Bagnotar is a union council of Abbottabad District in Khyber-Pakhtunkhwa province of Pakistan. Bagnator is situated on the Abbottabad-Nathi Gali Road some 18 kilometers away from Abbottabad.

Location
Union council Bagnotar is situated in central part of District Abbottabad in Abbottabad Tehsil, and lies to south east of Abbottabad city – the capital city of the district. The area is included in the Lower Galliyat Belt. The main tribes of Bagnotar are the Sardars  (karlal) and Jadoons. However, other small groups like Awan, Pathan, Raja, Chohan (Nai), Abbasi and some Kashmiris are also settled in the area. Bagnotar is bounded by the following union councils, to the north by Sarbhana, and Beerangali, to the east Nagri Bala & Nathiagali, and to the south by Namli Maira and Phalkot, and to the west by Bagh.

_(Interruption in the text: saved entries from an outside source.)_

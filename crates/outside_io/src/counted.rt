//! Openings and readers that count their own errors.

ghost use Rattle.std.specs.Prelude.{◌≡◌, ◌∷◌, ◌<◌, ◌≤◌, ◌≢◌, [], Err, IfErr, IfOk, IfSome, IsErrOf, IsSomeAnd, Ok, Some, length, take};
ghost use Rattle.std.specs.Io.KnownBytes.{Consumes, IsAtEnd};
ghost use Rattle.std.specs.IoError.{error_kind};
ghost use Rattle.outside_io.specs.Count.{Rose};
ghost use Rattle.outside_io.specs.Counted.{count_of, value_of};
ghost use Rattle.outside_io.specs.Files.{FaultsBy, ReadBetween};

use crate::files::FileError;
use crate::opening::Opening;
use std::io;
use std::io::{ErrorKind, Read};

/// An opening or a reader, and how often it answered with an error, up to 2^64 - 1. Want of memory
/// isn't counted.
///
/// The clauses of its calls say that `Failed` comes only where the count rises. That only these calls
/// raise it, each at an error of this very value, holds since none but this module has its fields.
#[derive(Drop)]
pub struct Counted<T> {
    value: T,
    count: u64,
}

impl<T> Counted<T> {
    /// None of its errors was counted yet.
    pub fn of(value: T) -> Self
        ensures value { value_of result ≡ value }
        ensures none { count_of result ≡ 0 }
    {
        Counted { value, count: 0 }
    }

    // What the value answered: want of memory is told as that, and each other error is counted.
    fn answer<X>(&mut self, answered: io::Result<X>) -> Result<X, FileError>
        ensures ok { IfOk answered (λ x. result ≡ Ok x) }
        ensures memory { IfErr answered (λ e.
            error_kind e ≡ ErrorKind.OutOfMemory → result ≡ Err FileError.Memory) }
        ensures failed { IfErr answered (λ e.
            error_kind e ≢ ErrorKind.OutOfMemory → result ≡ Err FileError.Failed) }
        ensures counts { FaultsBy (count_of self.old) (count_of self.new) result }
        ensures same { value_of self.new ≡ value_of self.old }
    {
        match answered {
            Ok(x) => Ok(x),
            Err(e) if e.kind() == ErrorKind::OutOfMemory => Err(FileError::Memory),
            Err(_) => {
                self.count = self.count.saturating_add(1);
                Err(FileError::Failed)
            }
        }
    }
}

impl<O: Opening> Counted<O> {
    /// Opens the named file, once. No error of its reader was counted yet.
    ///
    /// # Errors
    ///
    /// `Failed` where it can't be opened, which is counted, and `Memory` where no memory is found.
    pub fn open(&mut self, name: &str) -> Result<Counted<O::Reader>, FileError>
        ensures opened { ReadBetween (O.opened (value_of self.old)) (O.opened (value_of self.new))
            (name.now ∷ []) }
        ensures keeps { O.holds (value_of self.new) ≡ O.holds (value_of self.old) }
        ensures content { IfOk result (λ reader. IfSome (O.holds (value_of self.old)) (λ of.
            IsSomeAnd (of name.now) (λ bytes. O.Reader.remaining (value_of reader) ≡ Some bytes))) }
        ensures none { IfOk result (λ reader. count_of reader ≡ 0) }
        ensures counts { FaultsBy (count_of self.old) (count_of self.new) result }
        ensures no_limit { IsErrOf result FileError.TooLong → ⊥ }
    {
        let opened = self.value.open(name);
        match self.answer(opened) {
            Ok(reader) => Ok(Counted::of(reader)),
            Err(e) => Err(e),
        }
    }

    /// Closes a reader: what was counted of it is counted of the opening. None but an opening gives
    /// such a reader.
    pub fn close(&mut self, reader: Counted<O::Reader>)
        ensures none { count_of reader ≡ 0 → count_of self.new ≡ count_of self.old }
        ensures some { 0 < count_of reader → Rose (count_of self.old) (count_of self.new) }
        ensures same { value_of self.new ≡ value_of self.old }
    {
        self.count = self.count.saturating_add(reader.count);
    }
}

impl<T: Read> Counted<T> {
    /// Reads once into the piece, and again where a signal interrupts it. It answers how many bytes
    /// came; none only at the end, or where the piece is empty.
    ///
    /// # Errors
    ///
    /// `Failed` where a read fails, or is interrupted 2^64 - 1 times, which is counted, and `Memory`
    /// where the reader finds no memory.
    pub fn read(&mut self, piece: &mut [u8]) -> Result<usize, FileError>
        ensures within { IfOk result (λ count. count ≤ length piece.new) }
        ensures bytes { IfOk result (λ count.
            Consumes (T.remaining (value_of self.old)) (T.remaining (value_of self.new))
            (take count piece.new)) }
        ensures end { IfOk result (λ count.
            count ≡ 0 → 0 < length piece.old → IsAtEnd (T.remaining (value_of self.new))) }
        ensures counts { FaultsBy (count_of self.old) (count_of self.new) result }
        ensures no_limit { IsErrOf result FileError.TooLong → ⊥ }
    {
        for _ in 0..u64::MAX {
            match self.value.read(piece) {
                Err(e) if e.kind() == ErrorKind::Interrupted => {}
                answered => return self.answer(answered),
            }
        }
        self.answer(Err(io::Error::from(ErrorKind::Interrupted)))
    }
}
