//! Files that are opened by their names, and then read.

ghost use Rattle.std.specs.Prelude.{◌≡◌, ◌∷◌, ℕ, [], List, Option, None, Some, IfOk, IfSome, IsSomeAnd};
ghost use Rattle.ffm_model.specs.Reading.{Contents};
ghost use Rattle.outside_io.specs.Files.{ReadBetween, ReadsFile};

use crate::counted::Counted;
use crate::files::{FileError, Files, NamesFailed};
use crate::front::whole_of;
use std::alloc::Global;
use std::io;
use std::io::Read;

/// What opens files by their names.
pub trait Opening {
    /// An opened file, before anything of it was read.
    type Reader: Read + Drop;

    /// What each name holds, where it is told.
    ghost holds: { Self → Option Contents };

    /// The names that were opened, in order, where they are told.
    ghost opened: { Self → Option (List (List ℕ)) };

    /// Opens the named file. Its reader gives what the name holds, where both are told.
    ///
    /// Whatever it answers, each name holds what it held, and this name was opened once.
    fn open(&mut self, name: &str) -> io::Result<Self::Reader>
        ensures opened { ReadBetween (opened self.old) (opened self.new) (name.now ∷ []) }
        ensures keeps { holds self.new ≡ holds self.old }
        ensures content { IfOk result (λ reader. IfSome (holds self.old) (λ of.
            IsSomeAnd (of name.now) (λ bytes. Self.Reader.remaining reader ≡ Some bytes))) };
}

/// Files that are opened for each read, once, and read up to the limit.
///
/// They tell what the opening tells: what each name holds, and which names were opened; and the name of
/// the last failed read.
#[derive(Drop)]
pub struct OpenedFiles<O> {
    opening: Counted<O>,
    last_failed: Option<String>,
}

impl<O: Opening> OpenedFiles<O> {
    ghost use Rattle.outside_io.specs.Opening.{faults_of, last_failed_of, opening_of, seen_but_failed};

    /// The files of this opening, none of which failed yet.
    pub fn of(opening: O) -> Self
        ensures opening { opening_of result ≡ opening }
        ensures no_fault { faults_of result ≡ 0 }
        ensures no_name { last_failed_of result ≡ None }
    {
        OpenedFiles {
            opening: Counted::of(opening),
            last_failed: None,
        }
    }

    // The bytes of the named file. The name of the last failed read stays.
    fn content(&mut self, alloc: Global, name: &str, limit: u32) -> Result<Vec<u8>, FileError>
        ensures read { ReadsFile (seen_but_failed O.holds O.opened self.old)
            (seen_but_failed O.holds O.opened self.new) result limit name.now }
        ensures unnamed { last_failed_of self.new ≡ last_failed_of self.old }
    {
        let mut reader = self.opening.open(name)?;
        let read = whole_of(alloc, &mut reader, limit);
        self.opening.close(reader);
        read
    }
}

impl<O: Opening> Files for OpenedFiles<O> {
    ghost use Rattle.outside_io.specs.Opening.{seen_through};

    ghost seen = { seen_through O.holds O.opened };

    fn read(&mut self, alloc: Global, name: &str, limit: u32) -> Result<Vec<u8>, FileError> {
        let kept = String::from_str(alloc, name)?;
        let read = self.content(alloc, name, limit);
        if let Err(FileError::Failed) = read {
            self.last_failed = Some(kept);
        }
        read
    }
}

impl<O: Opening> NamesFailed for OpenedFiles<O> {
    fn last_failed(&self) -> Option<&str> {
        self.last_failed.as_ref().map(|name| name.as_str())
    }
}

Bagnotar town has an elevation of 1775 metres, and is located approximately 16 km from Abbottabad on Abbottabad-Murree Road.  A lush green pine valley stretched on 810 square kilometers. The major landscape as well as the settlement of Bagnotar is located along the Barrian-Nathigali-Abbottabad Road (Abbottabad Murree Road), the 11 kilometers of which passes through the land of Bagnotar.
The important places of Union Council Bagnotar are, Bagnotar, Bandi Maira, Thathi Chatarnath, Palakian and Chahan.

Subdivisions
Union Council Bagnotar has three subdivisions known as the "village councils". These four are:

Bag-Notar
Bandi Mera
Chhan

Educational Institutes in Bagnotar
Government Institutes of education in Bagnotar are as follows

Village Council Bagnotar

Government Boys Higher Secondary School Bagnotar

Government Girls High School Bagnotar

Government Primary School Bagnotar

Government Primary School Khurri Banda Bagnotar

Government Primary School Gulaga Bagnotar

Government Primary School Seri, Bagnotar

Government Primary School Gaiya Bagnotar

Village Council Bandi Maira
Government Primary School Riyan Tareeda

Government Girls Primary School Cham Rajput

Government Primary School Bandi Maira Nakrorha/Chatarnath/Maira.

Government Girls High School Drang Bandi Maira..

Village Council Chahan
Government Primary School Chahan, Bandi Maira

Vegetation
The vegetation in Bagnotar is naturally grown. Both coniferous and deciduous species are present on a large area of the whole union council. The notable species are Pinus wallichiana, Pinus roxburghii, Cedrus deodara, Taxus baccata, Diospyrus lotus, Salix tetrasperma, Quercus dilatata, Morus elba, Aesculus indica [5].

2005 earthquake

On 8 October 2005 various parts of Abbottabad District were affected by the Pakistan earthquake. Unlike neighbouring Kashmir, the loss in human life was relatively low in this area, with 511 dead and 622 injured.  Although the impact on infrastructure was still severe.